Esta situação agravou-se com a ascensão no mundo de então com as teses da superioridade racial do homem branco afirmadas pela ciência. A partir das teorias darwinistas -  sua difusão deu-se nas décadas de 1860-70 -, com a vulgarização dos conceitos   da “seleção das espécies” e da “vitória do mais apto”, discriminou-se  os negros  por alegações cientificas. Eles não haviam sido escravizados por uma maldição bíblica, por serem os amaldiçoados filhos de Cam, como diziam os teólogos escravistas,  mas porque eram biológicamente inferiores. Logo, qualquer tentativa de equipará-los aos brancos era um atentado anti-científico, uma profanação à vontade de Deus. Assim explica-se que quando o presidente Hayes os abandonou nas mãos dos oligarcas e da ralé pobre sulista, os protestos dos nortistas foram frouxos. Proliferaram então as Leis Jim Crow (*) pelas quais  criaram-se impedimentos artificiais aos negros para que eles não  votarem nos estados do Sul.

(*) Jim Crow foi um desses apelidos pejorativos, difundido por uma canção cômica de 1832,  aplicados a qualquer negro nos Estados Unidos de então. Um equivalente ao nosso Zé Ninguém. Sua tradução mais aproximada seria as Leis do Zé Ninguém!

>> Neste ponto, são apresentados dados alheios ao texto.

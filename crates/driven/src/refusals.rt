use crate::common::{BEGIN, CLOSE, executive, runs_to};
use std::test::Fail;

// No state has a speed of 41, which comes before the phase, also after the close.
#[test]
fn no_state_comes_first(rt: HostRuntime) -> Result<(), Fail> {
    let mut e = executive()?;
    let tape = b"4D5403 F4010000 29000000 00000000 C800
        4D5401 F4010000 29000000 00000000 C800
        4D5403 F4010000 00000000 00000000 C800";
    let due = b"4D4C06 00000000 05 4D4C06 01000000 05 4D4C06 02000000 06";
    runs_to(&rt, &mut e, tape, 24, 0, due)
}

// The rail ends at 1,000, so a cart at 911 with speed 20 cannot stop in time. Reading 504 with speed 8 cannot follow 500 at rest.
#[test]
fn refusals_are_logged_and_the_run_goes_on(rt: HostRuntime) -> Result<(), Fail> {
    let mut e = executive()?;
    let tape = b"4D5401 8F030000 14000000 00000000 C800
        4D5401 F4010000 00000000 00000000 C800
        4D5402 03
        4D5403 F8010000 08000000 00000000 C800
        4D5403 F4010000 00000000 00000000 C900
        4D5403 F4010000 00000000 00000000 C700";
    let due = b"4D4C06 00000000 07
        4D4C05 00000000 03 F4010000 00000000 00000000 C800
        4D4C06 03000000 09
        4D4C06 04000000 0A";
    runs_to(&rt, &mut e, tape, 100, 0, due)
}

// After the close every record is refused, and the next run counts its records from 0 again.
#[test]
fn close_does_not_end_the_run(rt: HostRuntime) -> Result<(), Fail> {
    let mut e = executive()?;
    runs_to(&rt, &mut e, BEGIN, 0, 0, b"")?;
    let tape = b"4D5404 4D5404 4D5402 06";
    let due = b"4D4C07 00000000 00000000 00000000 00000000 00000000
        4D4C06 01000000 06
        4D4C06 02000000 06";
    runs_to(&rt, &mut e, tape, 39, 0, due)?;
    runs_to(&rt, &mut e, CLOSE, 8, 0, b"4D4C06 00000000 06")
}

#[test]
fn what_ends_a_run(rt: HostRuntime) -> Result<(), Fail> {
    let mut e = executive()?;
    runs_to(&rt, &mut e, b"4D54", 8, 12, b"4D4C06 00000000 0C")?;
    runs_to(&rt, &mut e, b"4D4C04", 8, 13, b"4D4C06 00000000 0D")?;
    runs_to(&rt, &mut e, b"4D5408 4D5404", 8, 14, b"4D4C06 00000000 0E")?;
    runs_to(
        &rt,
        &mut e,
        b"4D5404 4D5401 00",
        16,
        12,
        b"4D4C06 00000000 06 4D4C06 01000000 0C",
    )?;
    let log_record = b"4D4C06 00000000 06 4D5404";
    runs_to(&rt, &mut e, log_record, 8, 15, b"4D4C06 00000000 0F")?;
    // its refusal finds no room
    runs_to(&rt, &mut e, log_record, 7, 16, b"")?;
    runs_to(&rt, &mut e, b"4D", 7, 16, b"")?;
    runs_to(&rt, &mut e, b"", 0, 0, b"")
}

Em alguns estados os negros eram submetidos a um exame sobre a constituição, em outros exigiam que seus antepassados já tivessem votado uma vez, o que era impossível por eles terem sido escravos. 

Estimulado pelo ódio ao negro e o receio dele como homem livre, um imenso muro - o Muro da Segregação - começou a ser construído pelo racismo. Tijolo a tijolo, lei a lei, o muro cresceu. Até nos abrigos de surdos-mudos e cegos, brancos e negros foram separados. Na Carolina, eles não podiam “olhar juntos da mesma janela”. Em Atlanta, na Geórgia, existiam bíblias para negros e outras para os brancos quando eles fossem convocados para testemunhar num tribunal.

Assim os três pilares constitucionais - as 14ª e 15º Emendas e a Declaração dos Direitos de 1875 -  que garantiam os seus direitos foram invalidados pelos governantes racistas dos estados do Sul.

Mas a mais terrível marca desse período foi o linchamento. Para impedir que os negros sequer ousassem reclamar dos seus direitos, eles foram submetidos pelos brancos a uma coação brutal, a um estado de sitio permanente, a  ameaça de serem trucidados. O linchamento tornou-se uma espécie de “tribunal popular” da ralé sulista, que julgava, condenava e massacrava a vítima.  Por qualquer motivo, tanto em cidades grandes  como em remotos lugarejos, eles eram perseguidos por bandos de brancos sanguinários  e mortos pelas mais pavorosas formas; do enforcamento à fogueira, não sem antes supliciaram-nos a socos e  pauladas. Ora a justificativa era de que um deles não “tivera respeito” para com um caipira branco ou de que “lançara olhares lúbricos para uma branca”, crime considerado hediondo pelos racistas.

Preservar a pureza delas - a White Womanhood -  de um possível “contagio” era uma obsessão dos racistas. Esta fobia é que explica que, a partir de 1910,  mais de 30 estados americanos proibissem o casamento interracial.  Desvairo que só irá se repetir na Alemanha nazista durante os anos trinta e na África do Sul durante o apartheid .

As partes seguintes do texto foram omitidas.